Figure 4. Rendering of the Tanager-1 satellite, a primary radiance source for Carbon Mapper products.
Level 2 Products
L2-Scene Outlines
Definition:
L2 scene outline products define the geographic boundaries, or 'footprints,' of areas captured by Carbon Mapper satellites and aircraft. These outlines, also called 'strips,' comprise one or more individual scenes. Scene outlines help determine where Carbon Mapper data is collected, the quality of that data, and verify when methane or carbon dioxide sources are imaged, but detection was not observed.
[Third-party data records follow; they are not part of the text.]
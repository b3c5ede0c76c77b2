//! The text of `why`.

ghost use Rattle.std.specs.Prelude.{◌≡◌, ◌+◌, ◌++◌, ◌<◌, ◌≤◌, ◌^◌, ◌==◌, if◌then◌else◌, ℕ, List, [], Some, codes, length, map, nat_lt, sum_by, string_bytes, IfOk, OnOk};
ghost use Rattle.ra_account.specs.Counting.{count_of};
ghost use Rattle.ra_account.specs.Marks.{width_of};
ghost use Rattle.ra_account.specs.Nearness.{IsNearest, Lack, nearest_at, nearest_of};
ghost use Rattle.ra_account.specs.Triggers.{IsReady, IsTriggerAccount, TriggerRow};
ghost use Rattle.ra_condition.specs.Spelled.{IsTrigger};
ghost use Rattle.ra_condition.specs.Contents.{group_contents, groups_of, trigger_contents, trigger_hits};
ghost use Rattle.ra_trigger.specs.States.{is_triggered};
ghost use Rattle.ra_why.specs.Text as spec;

use crate::alt_lines::AltLines;
use crate::group_lines::GroupLines;
use crate::lines::{put_alts, put_group, write_place};
use ra_account::{Nearest, TriggerAccount, write_times};
use ra_condition::{Group, TriggerText};
use ra_text::OutOfMemory;
use ra_trigger::{State, Trigger};
use std::alloc::{AllocError, Global};
use std::fmt::Write;

// The first line.
fn write_first(text: &mut String, unlocked: bool, frames: u64, id: u32) -> Result<(), AllocError>
    ensures { OnOk result (string_bytes text.new ≡ string_bytes text.old ++ spec.first_text unlocked frames id) }
{
    if unlocked {
        let last = frames.saturating_sub(1);
        write!(text, "unlock {last} {id}\n")
    } else {
        write!(text, "no unlock {id}\n")
    }
}

// The word of a state.
fn word_of(state: State) -> &'static str
    ensures { result.now ≡ spec.state_word state }
{
    match state {
        State::Waiting => "waiting",
        State::Active => "active",
        State::Paused => "paused",
        State::Primed => "primed",
        State::Triggered => "triggered",
    }
}

// How many frames a column has: the least power of two with which 60 columns have room for this many frames.
fn width(frames: u64) -> u64
    requires { frames < 2 ^ 60 }
    ensures { result ≡ width_of frames }
{
    let mut width: u64 = 1;
    while width * 60 < frames {
        width *= 2;
    }
    width
}

// How many frames a column has, where it has more than one.
fn write_column(text: &mut String, frames: u64) -> Result<(), AllocError>
    requires { frames < 2 ^ 60 }
    ensures { OnOk result (string_bytes text.new ≡ string_bytes text.old ++ spec.column_text (width_of frames)) }
{
    let width = width(frames);
    if width > 1 {
        write!(text, " column {width}")?;
    }
    Ok(())
}

// The line of the frames and of what is kept.
fn write_frames(text: &mut String, frames: u64, trigger: &Trigger) -> Result<(), AllocError>
    requires { frames < 2 ^ 60 }
    ensures { OnOk result (string_bytes text.new ≡ string_bytes text.old ++ spec.frames_text frames trigger.now) }
{
    let word = word_of(trigger.state());
    let measured = trigger.measured();
    write!(text, "frames {frames} state {word} measured {measured}")?;
    write_column(text, frames)?;
    text.push_str("\n")
}

// The places of the conditions of a group that are wanted.
fn write_group_wants(text: &mut String, number: usize, wants: &[bool]) -> Result<(), AllocError>
    ensures { OnOk result (string_bytes text.new ≡ string_bytes text.old ++ spec.group_wants number wants.now) }
{
    for (place, wanted) in wants.iter().enumerate() {
        write_want(text, number, place, *wanted)?;
    }
    Ok(())
}

// The place of a condition, where it is wanted.
fn write_want(
    text: &mut String,
    number: usize,
    place: usize,
    wanted: bool,
) -> Result<(), AllocError>
    ensures { OnOk result (string_bytes text.new ≡ string_bytes text.old ++ spec.want_text number place wanted) }
{
    if wanted {
        text.push_str(" ")?;
        write_place(text, number, place)?;
    }
    Ok(())
}

// What is wanted of all conditions, or a word where nothing is.
fn write_wants(
    text: &mut String,
    trigger: &TriggerText,
    nearest: &Nearest,
) -> Result<(), AllocError>
    requires many { length nearest.now.wants.items ≡ trigger_hits (trigger_contents trigger.now) }
    ensures { OnOk result (nearest.now.count ≡ count_of nearest.now.wants.items
        → string_bytes text.new ≡ string_bytes text.old
        ++ spec.wants_text (groups_of (trigger_contents trigger.now)) nearest.now.wants.items) }
{
    if nearest.count == 0 {
        return text.push_str(" nothing");
    }
    let count = trigger.core.conditions.len();
    write_group_wants(text, 0, &nearest.wants[..count])?;
    let mut start = count;
    for (place, alt) in trigger.alts.iter().enumerate() {
        let end = start + alt.conditions.len();
        write_group_wants(text, place + 1, &nearest.wants[start..end])?;
        start = end;
    }
    Ok(())
}

// The last line.
fn write_nearest(
    text: &mut String,
    trigger: &TriggerText,
    frames: u64,
    nearest: &Nearest,
) -> Result<(), AllocError>
    requires many { length nearest.now.wants.items ≡ trigger_hits (trigger_contents trigger.now) }
    ensures { (lacks : List Lack) → length lacks ≡ frames → IsNearest lacks nearest.now
        → OnOk result (string_bytes text.new ≡ string_bytes text.old
        ++ spec.nearest_text (groups_of (trigger_contents trigger.now)) (nearest_at lacks) (nearest_of lacks)) }
{
    if frames == 0 {
        return text.push_str("nearest none\n");
    }
    let at = nearest.at;
    write!(text, "nearest {at} wants")?;
    write_wants(text, trigger, nearest)?;
    if nearest.reset {
        text.push_str(" reset")?;
    }
    text.push_str("\n")
}

// The lines of the trigger as a whole.
fn whole(
    alloc: Global,
    trigger: &TriggerText,
    account: &TriggerAccount,
) -> Result<String, OutOfMemory>
    requires ready { IsReady (trigger_contents trigger.now) account.now }
    ensures { (size : ℕ) (rows : List TriggerRow)
        → IsTriggerAccount (trigger_contents trigger.now) size rows account.now
        → IfOk result (λ lines. string_bytes lines ≡ spec.whole_lines (trigger_contents trigger.now) rows) }
{
    let mut lines = String::new(alloc);
    write_times(&mut lines, "resets", account.resets)?;
    write_times(&mut lines, "paused", account.paused)?;
    write_times(&mut lines, "waited", account.waited)?;
    write_nearest(&mut lines, trigger, account.frames, &account.nearest)?;
    Ok(lines)
}

// The lines that come before those of conditions.
fn head(alloc: Global, id: u32, trigger: &Trigger, frames: u64) -> Result<String, OutOfMemory>
    requires { frames < 2 ^ 60 }
    ensures { IfOk result (λ lines. string_bytes lines
        ≡ spec.first_text (is_triggered trigger.now.state) frames id ++ spec.frames_text frames trigger.now) }
{
    let unlocked = matches!(trigger.state(), State::Triggered);
    let mut lines = String::new(alloc);
    write_first(&mut lines, unlocked, frames, id)?;
    write_frames(&mut lines, frames, trigger)?;
    Ok(lines)
}

// The lines of all conditions, after the bytes.
fn put_conditions(
    alloc: Global,
    text: &mut Vec<u8>,
    trigger: &TriggerText,
    hits: &[u32],
    account: &TriggerAccount,
) -> Result<(), OutOfMemory>
    requires spelled { IsTrigger (trigger_contents trigger.now) }
    requires ready { IsReady (trigger_contents trigger.now) account.now }
    requires hits { length hits.now ≡ trigger_hits (trigger_contents trigger.now) }
    requires few { account.now.frames < 2 ^ 60 }
    ensures { (size : ℕ) (rows : List TriggerRow)
        → IsTriggerAccount (trigger_contents trigger.now) size rows account.now
        → OnOk result (text.new.items ≡ text.old.items ++ spec.groups_lines 0 0 (groups_of (trigger_contents trigger.now))
        hits.now (length rows) size (map (λ f. f.row) rows)) }
{
    let count = trigger.core.conditions.len();
    let frames = account.frames;
    let core = GroupLines {
        number: 0,
        group: &trigger.core,
        hits: &hits[..count],
        frames,
    };
    put_group(alloc, text, &core, &account.core)?;
    let alts = AltLines {
        from: count,
        groups: &trigger.alts,
        hits,
        frames,
    };
    put_alts(alloc, text, &alts, &account.alts)?;
    Ok(())
}

/// The text of the account of an achievement with what is kept of it after the last frame: docs/DEFINITIONS.md,
/// "Account of an achievement".
///
/// Fewer than 2^60 frames were noted.
pub fn account_text(
    alloc: Global,
    id: u32,
    trigger: &TriggerText,
    kept: &Trigger,
    account: &TriggerAccount,
) -> Result<Vec<u8>, OutOfMemory>
    requires spelled { IsTrigger (trigger_contents trigger.now) }
    requires ready { IsReady (trigger_contents trigger.now) account.now }
    requires hits { length kept.now.hits ≡ trigger_hits (trigger_contents trigger.now) }
    requires few { account.now.frames < 2 ^ 60 }
    ensures { (size : ℕ) (rows : List TriggerRow)
        → IsTriggerAccount (trigger_contents trigger.now) size rows account.now
        → IfOk result (λ text. text.items ≡ spec.text_by id (trigger_contents trigger.now) size kept.now rows) }
{
    let head = head(alloc, id, kept, account.frames)?;
    let mut text = head.into_bytes();
    put_conditions(alloc, &mut text, trigger, kept.hits(), account)?;
    let whole = whole(alloc, trigger, account)?;
    text.extend_from_slice(whole.as_bytes())?;
    Ok(text)
}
In optimal observing conditions, such as an unobstructed view of the emission source and a high likelihood of detection, the absence of detection is termed a "null detect." In emissions remote sensing, a null detect signifies that an emission detection algorithm has not identified any evidence of methane emissions at a specific location. These null detects imply that the source is not emitting methane above the sensor's minimum detection limit.
Carbon Mapper considers a scene a good candidate for a null-detect status for an emission source if it contains less than 25% cloud cover and intersects any plume origin points associated with the source.
Data Structure:
Vector GIS data including but not limited to the GeoJSON format
Data Availability:
With some exceptions, L2 scene outlines and other Carbon Mapper products are released publicly 30 days after acquisition.
Figure 5. Scene outlines are shown in the Carbon Mapper data portal with a list of active scenes selected for a particular emission source south of Greeley, CO.
L2A-Simultaneous RGB Imagery
Definition:
L2A products are three-band, natural-color images of the Earth's surface generated from raw satellite radiance. This process involves correcting for atmospheric effects, geometric distortions, and terrain variations to produce accurate and visually appealing representations of the Earth. “RGB” stands for the Red, Green, and Blue bands comprising natural-color imagery.
Data Structure:
L2A data products are stored as orthorectified raster images in compressed cloud-optimized formats.
Data Availability:
L2A products are released publicly alongside other Carbon Mapper products 30 days after acquisition.
Figure 6. Level 2A simultaneous RGB imagery derived from airborne data underlying a methane source.
L2B-Atmospheric Retrievals
Definition:
L2B products consist of orthorectified full-strip atmospheric retrieval images derived from L1B radiance images. L2B products for methane and carbon dioxide are mixing ratios (i.e., concentrations) estimated for each pixel using a column-wise matched filter algorithm. The matched filter is a fast-running, statistical-based retrieval algorithm validated across multiple airborne controlled releases and aircraft mass-balance surveys.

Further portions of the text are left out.